Anyway, I saw the total per swap entry overhead bump to 24 bytes
dynamic. Let me know what is the correct number for VS if you
disagree.

Chris

> > > The size of the virtual swap descriptor is 24 bytes. Note that this is
> > > not all "new" overhead, as the swap descriptor will replace:
> > > * the swap_cgroup arrays (one per swap type) in the old design, which
> > > is a massive source of static memory overhead. With the new design,
> > > it is only allocated for used clusters.
> > > * the swap tables, which holds the swap cache and workingset shadows.
> > > * the zeromap bitmap, which is a bitmap of physical swap slots to
> > > indicate whether the swapped out page is zero-filled or not.
> > > * huge chunk of the swap_map. The swap_map is now replaced by 2 bitmaps,
> > > one for allocated slots, and one for bad slots, representing 3 possible
> > > states of a slot on the swapfile: allocated, free, and bad.
> > > * the zswap tree.
> > >
> > > So, in terms of additional memory overhead:
> > > * For zswap entries, the added memory overhead is rather minimal. The
> > > new indirection pointer neatly replaces the existing zswap tree.
> > > We really only incur less than one word of overhead for swap count
> > > blow up (since we no longer use swap continuation) and the swap type.
> > > * For physical swap entries, the new design will impose fewer than 3 words
> > > memory overhead. However, as noted above this overhead is only for
> > > actively used swap entries, whereas in the current design the overhead is
> > > static (including the swap cgroup array for example).
> > >
> > > The primary victim of this overhead will be zram users.

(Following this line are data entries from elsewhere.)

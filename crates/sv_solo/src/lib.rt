//! A node alone, and the stream of requests that it serves.
//!
//! Stands on a connection. [`Solo`] is a site: it cites the step of a node for one node and no others. [`serve_next`] cites one
//! definition over the bytes that are unread and written and the site's own step. No node of a cluster uses it.
#![tactic(auto)]

mod answer;
pub mod laws;
mod reading;
mod reply;
mod serve;
mod served;
mod solo;
mod table;

pub use reading::end;
pub use reply::refusal;
pub use serve::serve_next;
pub use served::Served;
pub use solo::Solo;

However, as
> > > zswap now no longer takes up disk space, zram users can consider
> > > switching to zswap (which, as a bonus, has a lot of useful features
> > > out of the box, such as cgroup tracking, dynamic zswap pool sizing,
> > > LRU-ordering writeback, etc.).
> > >
> > > For a more concrete example, suppose we have a 32 GB swapfile (i.e.

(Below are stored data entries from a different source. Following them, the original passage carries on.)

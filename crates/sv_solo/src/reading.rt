//! Reads until a message is there.

ghost use Rattle.std.specs.Prelude.{◌≡◌, ◌++◌, ℕ, List, [], Some, true, false, IfSome};
ghost use Rattle.std.specs.Io.KnownBytes.{prepend_known};
ghost use Rattle.sv_message.specs.declared.request.RawRequest.{RawRequest as Raw};
ghost use Rattle.sv_message.specs.Message.{IsMessage};
ghost use Rattle.sv_connection.specs.Connection.{held_by, is_closed, is_leaving, is_single, is_waiting, stand_of};
ghost use Rattle.sv_connection.specs.Receive.{is_request, is_taken};
ghost use Rattle.sv_solo.specs.Reading.{is_asked, Arrives, Ends, Hears};

use std::io::Read;
use sv_connection::{Connection, Received, RequestFault};
use sv_model::Request;

/// The bytes that a read asks for.
const READ_SIZE: usize = 4_096;

/// The reads of one call, at most, whatever the reader gives.
const READ_LIMIT: u32 = 1_048_576;

/// What the reads of one call brought.
#[derive(Drop)]
pub enum Arrived {
    Request(Request),
    Refused {
        fault: RequestFault,
        head_only: bool,
    },
    /// The input has ended with no whole message.
    End,
    /// The reader failed, or the call has made all its reads.
    Broken,
}

/// Takes what stands at the front, if nothing more comes: the connection closes if that is less than a request.
pub fn end(connection: &mut Connection) -> Received
    requires answered { is_waiting connection.old ≡ false }
    ensures single { is_single connection.new ≡ is_single connection.old }
    ensures waiting { is_waiting connection.new ≡ is_request result }
    ensures ended { Ends (is_single connection.old) (stand_of connection.old (Some [])) (stand_of connection.new (Some [])) result }
    ensures asked { (raw : Raw) (text rest : List ℕ) → is_closed connection.old ≡ false → IsMessage text raw → held_by connection.old ++ [] ≡ text ++ rest
        → is_taken result ≡ true → is_leaving connection.new ≡ raw.close }
    ensures none_taken { is_taken result ≡ false → is_leaving connection.new ≡ is_leaving connection.old }
{
    match connection.receive(&[]) {
        Received::More => {
            connection.close();
            Received::Closed
        }
        Received::Closed => Received::Closed,
        Received::Request(request) => Received::Request(request),
        Received::Refused { fault, head_only } => Received::Refused { fault, head_only },
    }
}

/// Reads once, and takes what then stands at the front; none if the reader fails.
fn hear<R: Read>(connection: &mut Connection, reader: &mut R) -> Option<Received>
    requires answered { is_waiting connection.old ≡ false }
    requires was_open { is_closed connection.old ≡ false }
    ensures single { is_single connection.new ≡ is_single connection.old }
    ensures waiting { IfSome result (λ received. is_waiting connection.new ≡ is_request received) }
    ensures heard { Hears (is_single connection.old) (prepend_known (held_by connection.old) (R.remaining reader.old))
        (prepend_known (held_by connection.new) (R.remaining reader.new)) (is_closed connection.new) result }
{
    let mut piece = [0u8; READ_SIZE];
    match reader.read(&mut piece) {
        Ok(0) => Some(end(connection)),
        Ok(count) => Some(connection.receive(&piece[..count])),
        Err(_) => None,
    }
}

/// Reads on until a request or a fault stands at the front, or the input ends; but for a request the connection closes.
fn read_on<R: Read>(connection: &mut Connection, reader: &mut R) -> Arrived
    requires answered { is_waiting connection.old ≡ false }
    requires was_open { is_closed connection.old ≡ false }
    ensures single { is_single connection.new ≡ is_single connection.old }
    ensures waiting { is_waiting connection.new ≡ is_asked result }
    ensures arrived { Arrives (is_single connection.old) (prepend_known (held_by connection.old) (R.remaining reader.old))
        (prepend_known (held_by connection.new) (R.remaining reader.new)) (is_closed connection.new) result }
{
    for _ in 0..READ_LIMIT {
        match hear(connection, reader) {
            Some(Received::Request(request)) => return Arrived::Request(request),
            Some(Received::Refused { fault, head_only }) => {
                return Arrived::Refused { fault, head_only };
            }
            Some(Received::More) => {}
            Some(Received::Closed) => return Arrived::End,
            None => break,
        }
    }
    connection.close();
    Arrived::Broken
}

/// Reads until a request or a fault stands at the front, or the input ends; but for a request the connection closes.
pub fn arrive<R: Read>(connection: &mut Connection, reader: &mut R) -> Arrived
    requires answered { is_waiting connection.old ≡ false }
    requires was_open { is_closed connection.old ≡ false }
    ensures single { is_single connection.new ≡ is_single connection.old }
    ensures waiting { is_waiting connection.new ≡ is_asked result }
    ensures arrived { Arrives (is_single connection.old) (prepend_known (held_by connection.old) (R.remaining reader.old))
        (prepend_known (held_by connection.new) (R.remaining reader.new)) (is_closed connection.new) result }
{
    match connection.receive(&[]) {
        Received::More => read_on(connection, reader),
        Received::Request(request) => Arrived::Request(request),
        Received::Refused { fault, head_only } => Arrived::Refused { fault, head_only },
        Received::Closed => Arrived::End,
    }
}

> > > 8,388,608 swap entries), and we use zswap.
> > >
> > > 0% usage, or 0 entries: 0.00 MB
> > > * Old design total overhead: 25.00 MB
> > > * Vswap total overhead: 0.00 MB
> > >
> > > 25% usage, or 2,097,152 entries:
> > > * Old design total overhead: 57.00 MB
> > > * Vswap total overhead: 48.25 MB
> > >
> > > 50% usage, or 4,194,304 entries:
> > > * Old design total overhead: 89.00 MB
> > > * Vswap total overhead: 96.50 MB
> > >
> > > 75% usage, or 6,291,456 entries:
> > > * Old design total overhead: 121.00 MB
> > > * Vswap total overhead: 144.75 MB
> > >
> > > 100% usage, or 8,388,608 entries:
> > > * Old design total overhead: 153.00 MB
> > > * Vswap total overhead: 193.00 MB
> > >
> > > So even in the worst case scenario for virtual swap, i.e when we
> > > somehow have an oracle to correctly size the swapfile for zswap
> > > pool to 32 GB, the added overhead is only 40 MB, which is a mere
> > > 0.12% of the total swapfile :)
> > >
> > > In practice, the overhead will be closer to the 50-75% usage case, as
> > > systems tend to leave swap headroom for pathological events or sudden
> > > spikes in memory requirements. The added overhead in these cases are
> > > practically neglible. And in deployments where swapfiles for zswap
> > > are previously sparsely used, switching over to virtual swap will
> > > actually reduce memory overhead.
> > >
> > > Doing the same math for the disk swap, which is the worst case for
> > > virtual swap in terms of swap backends:
> > >
> > > 0% usage, or 0 entries: 0.00 MB
> > > * Old design total overhead: 25.00 MB
> > > * Vswap total overhead: 2.00 MB
> > >
> > > 25% usage, or 2,097,152 entries:
> > > * Old design total overhead: 41.00 MB
> > > * Vswap total overhead: 66.25 MB
> > >
> > > 50% usage, or 4,194,304 entries:
> > > * Old design total overhead: 57.00 MB
> > > * Vswap total overhead: 130.50 MB
> > >
> > > 75% usage, or 6,291,456 entries:
> > > * Old design total overhead: 73.00 MB
> > > * Vswap total overhead: 194.75 MB
> > >
> > > 100% usage, or 8,388,608 entries:
> > > * Old design total overhead: 89.00 MB
> > > * Vswap total overhead: 259.00 MB
> > >
> > > The added overhead is 170MB, which is 0.5% of the total swapfile size,
> > > again in the worst case when we have a sizing oracle.